Cost free eBook I read (by iBook/Kobo/Amazon/ObookO/Gutenberg etc.): "The Green Odyssey" by Philip Jose Farmer.
The power of C is with its pointers, where you can pass an argument to another function by reference. But isn't BASIC passing arguments by reference too? Hence making BASIC as fast as C in a function call.
The communication happens when you CALL strcpy. Inside of glibc, efficiency rules.
Okay, I gave you the link, so when grow up you can read how Pascal is implementing string copy (in Pascal). "Intrinsic" in this respect just means it's included in the built-in library - it still has to be written, silly. The CPU. doesn't have a "copy a Pascal string" opcode, so someone has to write it. That would be guys like me.
Pfah! Depends on the PR behind it, not merit: Pascal kicked the SHIT ouf of C++ performance-wise in of ALL places a competing trade rag, VB Programmer's Journal Sept./Oct. 1997 issue "Inside the VB5 Compiler" in 4/6 tests & tied 1 w/ it (BOTH oddly lost to VB in ActiveX form loads) & it HAS NO NULL-TERMINATED STRING BUFFEROVERFLOW POSSIBLES like BOTH C/C++ do (& no, not all C++ compilers FULLY implement C11 or better std. that tries to compensate for it, easy enough looking for NULL in a chararray/string OR sending 2 pointers in for length (one double size of other & on err or larger you get len) but, then you remember that don't you raymorris as I SPLATTERED YOU all over this site on that note here https://tech.slashdot.org/comm... to the point YOU didn't DARE answer (some douchebag "ZIP" did & I tore him up too - so, is "ZIP" your alterego SOCKPUPPET defender or what?).
* Apple chose Pascal over C so you know, initially, also... & ANYTIME you want to talk "information systems"? I'm game - it's almost ALL I DID for 24++ yrs. professionally.
APK
P.S.=> See subject & see "The Unforgiven" w/ Clint Eastwood - You're just "ENGLISH BOB" to me - nothing more... apk
That sounds like a limitation of your brain; don't assume the same limitations apply to others.
I've been writing C programs for 3 decades, and I have made plenty of mistakes along the way. Occasionally because of using the wrong pointer, but most of them were simply because I got the algorithm wrong.
Security bugs are typically exploited, and not found in ordinary usage. When you get the algorithm wrong is usually obvious right away.
We all know how to CALL a string copy function.
The discussion is how you would IMPLEMENT a simple function.
I put the implementation from Free Pascal in another post if you want to see it. It's about 15 lines.
The operator is syntactic sugar around a function call.
You can see the actual function in the source zip above.
> an assignment operation is not a function call
What looks like an assignment isn't.
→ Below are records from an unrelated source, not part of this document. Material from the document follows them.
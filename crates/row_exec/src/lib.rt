//! Executing a decoded user row: what it does to the registers, and the values that it writes to memory.
//!
//! It stands on svm_model, whose `specs/Instructions/Apply.antt` says, in the terms of volume 3, what each row does, one equation a
//! row; on flag_math, which computes results and flags; on row_table, which tells a form's operands; and on
//! register_file, the one place where registers are read and written. The contract that the layer above uses is that of
//! `apply`: where `applied` gives a new state, registers and results are that state and the answer is Done; where it gives
//! a fault, that fault is the answer and nothing is changed. `write_register` is offered to the executor of system rows.
#![tactic(auto)]

mod applying;
mod arithmetic;
mod bit_rows;
mod branches;
mod conditions;
mod flag_rows;
mod moves;
mod multiply_rows;
mod shift_rows;
mod sources;
mod widths;

pub use applying::apply;
pub use register_file::write_register;
pub use row_table::{is_user_row, lock_is_undefined};
pub use svm_model::{
    Applied, Cause, Flags, Form, Op, Operand, Registers, Row, Segment, Trap, Width,
};

#[cfg(test)]
mod tests;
An assignment should mean both variables point to the same string.
It's creating a new string, copying all the data from the source string to the destination, then finally assigning the new string to the destination variable.
There's a string copy function which accepts the source string as an argument and returns a new string with the data copied from the source.
Sounds like an assignment to me.
When you assign an int variable the value of another int variable, it creates a new variable, and copies the data from the source to the destination. Same semantics.
That's a fair point, to the caller it appears analogous.
To the CPU, they are vastly different. The CPU assigns integers, with a single instruction. Copying a Pascal string is most often hundreds of CPU instructions, there is a function that does that. The String type in Pascal is far more complex than the x bits that comprise an integer. Perhaps most importantly, the variable doesn't hold the value, it's a pointer to memory that is later allocated elsewhere. The function takes the Pascal String type and derefences it to the actual vue in memory, after performing various checks, THEN it asks the CPU to copy a little bit at a time. Contrasted with a pure I assignment, which translates directly to CPU instruction.